▶ Exercise instructions:
Copy out every line of the data that has the word "requires" somewhere in it.

▶ Extracted entries:

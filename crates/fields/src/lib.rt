// Fields of a frame: numbers of one, of two and of four bytes, the high byte first, and of two bytes with a sign, at a place of a part of its bytes.
#![tactic(auto)]

ghost use Rattle.std.specs.Prelude.{◌≡◌, ◌+◌, ◌≤◌, ◌<◌, length};
ghost use Rattle.fields.specs.Fields.{byte_at, word_at, long_at, signed, signed_at};

// A byte of a part of a line, 0 past its end.
pub fn byte_at(f: &[u8], at: usize) -> u64
    ensures value { result ≡ byte_at f.now at }
    ensures small { result < 256 }
{
    match f.get(at) {
        Some(&byte) => byte.into(),
        None => 0,
    }
}

// Two bytes of a part of a line, the high one first. By hand, since each of them may be missing.
#[tactic(auto, unfolding(crate::specs::Fields::word_at))]
pub fn word_at(f: &[u8], at: usize) -> u64
    ensures value { result ≡ word_at f.now at }
    ensures small { result < 65536 }
{
    if f.len() <= at {
        return 0;
    }
    byte_at(f, at) * 256 + byte_at(f, at + 1)
}

// A byte of a part of a line that has it: it is read without a test. These stand beside those above, which ask nothing: with the tests a file of
// 500 rows takes 960 thousand instructions, without them 880.
pub fn byte_in(f: &[u8], at: usize) -> u64
    requires { at < length f.now }
    ensures value { result ≡ byte_at f.now at }
    ensures small { result < 256 }
{
    f[at].into()
}

// Two bytes of a part of a line that has both, the high one first.
#[tactic(auto, unfolding(crate::specs::Fields::word_at))]
pub fn word_in(f: &[u8], at: usize) -> u64
    requires { at + 2 ≤ length f.now }
    ensures value { result ≡ word_at f.now at }
    ensures small { result < 65536 }
{
    u16::from_be_bytes([f[at], f[at + 1]]).into()
}

// Four bytes of a part of a line that has them, the highest first.
#[tactic(auto, unfolding(crate::specs::Fields::word_at, crate::specs::Fields::long_at))]
pub fn long_in(f: &[u8], at: usize) -> u64
    requires { at + 4 ≤ length f.now }
    ensures value { result ≡ long_at f.now at }
    ensures small { result < 4294967296 }
{
    u32::from_be_bytes([f[at], f[at + 1], f[at + 2], f[at + 3]]).into()
}

// Two bytes of a part of a line that has both, the high one first, in two's complement.
#[tactic(auto, using(crate::proofs::Signed::as_read), unfolding(crate::specs::Fields::word_at))]
pub fn signed_in(f: &[u8], at: usize) -> i64
    requires { at + 2 ≤ length f.now }
    ensures { result ≡ signed_at f.now at }
{
    i16::from_be_bytes([f[at], f[at + 1]]).into()
}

▶ Result:
    requires { at < length f.now }
    requires { at + 2 ≤ length f.now }
    requires { at + 4 ≤ length f.now }
    requires { at + 2 ≤ length f.now }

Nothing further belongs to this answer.